Figure 1Example of a flexibly evolving complex: Nup84 subcomplex of the nuclear pore complex.
(A) The profile of the Nup84 complex, red indicating absence, green presence (number of paralogs in dark green). The raw score of this complex is (5,0), which means that there are 5 species in which this complex is completely present and none in which this complex is completely absent. The cohesiveness score, which is the fraction of random modules of the same size which score better both in the number of species in which the module is present as well as in the number of species in which the module is absent, is 0.48. This complex from the Aloy dataset occurs also in the MIPS dataset and, with some additional subunits, in the PE and Socio-affinity clusters, so it passes the cross-comparison filter without losing any subunits. (B) The profile after cross-comparison with TAP data. SEC13, which is also part of the COPII complex, has the lowest PE score with the other subunits and has a higher propensity to interact with a protein outside the module (namely with SEC31, an other member of the COPII complex) than with any other member of this module. Removal of this protein from the module results in a subcomplex which is not evolving more cohesively than the original module. (C) Apart from improving the module definition, we attempt to filter possible noise originating from the use of orthologous groups to describe a modules evolutionary dynamics. KOG0845, KOG1964, KOG2271 and KOG8539 are considered unreliable because they have less than 90% overlap with a orthoMCL derived orthologous group. Removal of those orthologous groups leads to a more cohesively evolving module, with a raw score (24,2) and a cohesiveness score 0.87. (D) Removal of orthologous groups which are likely to have functionally differentiated (groups containing many inparalogs, in this example KOG0845 and KOG1332) results in a submodule which we consider evolutionary cohesive: it has a raw score of (5,8) and a cohesiveness score of 0.996. More details on this module and some additional examples can be found in Text S2.

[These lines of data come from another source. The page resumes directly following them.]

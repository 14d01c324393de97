//! Nodes of regions and zones, in the order of their numbers.

ghost use Rattle.std.specs.Prelude.{◌≡◌, [], ◌++◌, ◌-◌, drop, length, map, slice_get, take, IfOk, OnOk};
ghost use Rattle.std.specs.List.{cons_option};
ghost use Rattle.placement.specs.Fitting.{ids_of};
ghost use Rattle.placement.specs.Placing.{each_at, has_zone, in_region, is_first, other_at, one_per_zone, other_regions};

use mr_base::{Bytes, Memory, NodeId, NodeInfo};
use std::alloc::Global;

/// The lowest node, where there is one.
pub(crate) fn lowest(alloc: Global, nodes: &[NodeInfo]) -> Result<Vec<NodeId>, Memory>
    ensures { IfOk result (λ found. found.items ≡ ids_of (take 1 nodes.now)) }
{
    let mut found = Vec::new(alloc);
    if let Some(node) = nodes.first() {
        found.push(node.id)?;
    }
    Ok(found)
}

/// The nodes of a region.
pub(crate) fn nodes_in(
    alloc: Global,
    nodes: &[NodeInfo],
    region: &Bytes,
) -> Result<Vec<NodeId>, Memory>
    ensures { IfOk result (λ found. found.items ≡ ids_of (in_region region.now nodes.now)) }
{
    let mut found = Vec::new(alloc);
    for node in nodes {
        if node.region == *region {
            found.push(node.id)?;
        }
    }
    Ok(found)
}

/// The first node of each zone of a region.
pub(crate) fn one_per_zone(
    alloc: Global,
    nodes: &[NodeInfo],
    region: &Bytes,
) -> Result<Vec<NodeId>, Memory>
    ensures { IfOk result (λ found. found.items ≡ ids_of (one_per_zone (in_region region.now nodes.now))) }
{
    let mut found = Vec::new(alloc);
    for (i, node) in nodes.iter().enumerate() {
        if is_first(&nodes[..i], region, node) {
            found.push(node.id)?;
        }
    }
    Ok(found)
}

/// Whether a node is of the region and in a zone of it in which none of the earlier nodes is.
fn is_first(earlier: &[NodeInfo], region: &Bytes, node: &NodeInfo) -> bool
    ensures { result ≡ is_first region.now earlier.now node.now }
{
    node.region == *region && !has_zone(earlier, region, &node.zone)
}

fn has_zone(nodes: &[NodeInfo], region: &Bytes, zone: &Bytes) -> bool
    ensures { result ≡ has_zone region.now zone.now nodes.now }
{
    nodes
        .iter()
        .any(|node| node.region == *region && node.zone == *zone)
}

/// Of each region other than home the node at this place, where it has as many.
pub(crate) fn each_at(
    alloc: Global,
    counts: &[(Bytes, u32)],
    home: &Bytes,
    nodes: &[NodeInfo],
    place: usize,
) -> Result<Vec<NodeId>, Memory>
    ensures { IfOk result (λ found. found.items ≡ ids_of (each_at place nodes.now (other_regions home.now (map (λ k. k.0) counts.now)))) }
{
    let mut found = Vec::new(alloc);
    for count in counts {
        add_other(alloc, &mut found, nodes, home, &count.0, place)?;
    }
    Ok(found)
}

/// Adds the node at this place of a region other than home.
#[tactic(auto, using(crate::proofs::ChosenLemmas::ids_at))]
fn add_other(
    alloc: Global,
    found: &mut Vec<NodeId>,
    nodes: &[NodeInfo],
    home: &Bytes,
    region: &Bytes,
    place: usize,
) -> Result<(), Memory>
    ensures { OnOk result (found.new.items ≡ found.old.items ++ ids_of (other_at place nodes.now home.now region.now)) }
{
    if region == home {
        return Ok(());
    }
    let here = nodes_in(alloc, nodes, region)?;
    add_at(found, here.as_slice(), place)
}

/// Adds the item at this place, where there is one.
fn add_at(list: &mut Vec<NodeId>, nodes: &[NodeId], place: usize) -> Result<(), Memory>
    ensures { OnOk result (list.new.items ≡ list.old.items ++ cons_option (slice_get nodes.now place) []) }
{
    if place < nodes.len() {
        list.push(nodes[place])?;
    }
    Ok(())
}

/// Two nodes, three lowest ones of others, and as many second lowest ones as are then missing.
pub(crate) fn two_and_three(
    mut voters: Vec<NodeId>,
    lowest: &[NodeId],
    second: &[NodeId],
) -> Result<Vec<NodeId>, Memory>
    ensures { IfOk result (λ v. v.items ≡ take 2 voters.items ++ take 3 lowest.now ++ take (3 - length lowest.now) second.now) }
{
    voters.truncate(2);
    add_at_most(&mut voters, lowest, 3)?;
    add_at_most(&mut voters, second, 3usize.saturating_sub(lowest.len()))?;
    Ok(voters)
}

/// Adds at most `count` of the nodes.
fn add_at_most(list: &mut Vec<NodeId>, nodes: &[NodeId], count: usize) -> Result<(), Memory>
    ensures { OnOk result (list.new.items ≡ list.old.items ++ take count nodes.now) }
{
    let count = count.min(nodes.len());
    list.extend_from_slice(&nodes[..count])?;
    Ok(())
}

/// The nodes from this place on.
pub(crate) fn from_place(
    alloc: Global,
    nodes: &[NodeId],
    place: usize,
) -> Result<Vec<NodeId>, Memory>
    ensures { IfOk result (λ rest. rest.items ≡ drop place nodes.now) }
{
    let place = place.min(nodes.len());
    Ok(nodes[place..].to_vec(alloc)?)
}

Fraction of cohesive modules for different datasets and different scoring schemes.
| Dataset | Average Cooccurrence | Average Deviation from Modular | Homogeneous Columns | Species Absent | Species Present | Species Absent, Species Present |
| SGD | 0.14 | 0.15 | 0.09 | 0.06 | 0.03 | 0.44 |
| KEGG | 0.24 | 0.24 | 0.17 | 0.08 | 0.16 | 0.38 |
| MIPS | 0.17 | 0.17 | 0.15 | 0.05 | 0.1 | 0.33 |
| Aloy | 0.21 | 0.23 | 0.16 | 0.02 | 0.1 | 0.31 |
| PE | 0.08 | 0.08 | 0.06 | 0.03 | 0.05 | 0.21 |
| Socio-affinity | 0.27 | 0.3 | 0.2 | 0.01 | 0.19 | 0.24 |
| All | 0.18 | 0.2 | 0.14 | 0.03 | 0.12 | 0.27 |
| All curated | 0.19 | 0.19 | 0.15 | 0.06 | 0.1 | 0.37 |
Average Cooccurrence: for each pair of module subunits we calculate the fraction of species in which both subunits are either present or absent together. We average over all component pairs to obtain a score per module. Average deviation from modular: the sum of the deviation of the number of components of the functional module for each genome to the average number of module components per genome, adopted from Snel et al. [9]. Homogeneous Columns: the number of species in which a module is either completely present or completely absent, adopted from Gavin et al. [14]. Species Present, Species Absent: the number of species in which a module is completely present and the number of species in which the module is completely absent. Those two values together make up the raw score which is used throughout the article.
Figure 2Scores and random background.
This figure shows the raw scores for modules composed of six subunits from all datasets, with the Nup84 complex from Figure 1 highlighted in green. The random background density for all score bins is shown in shades of blue, turning darker as the number of random modules with a score in that particular bin increases.
Figure 3(Combined) effect of different filters on the fraction of cohesive modules.
On top of each bar we show the number of (sub)modules passing the filter.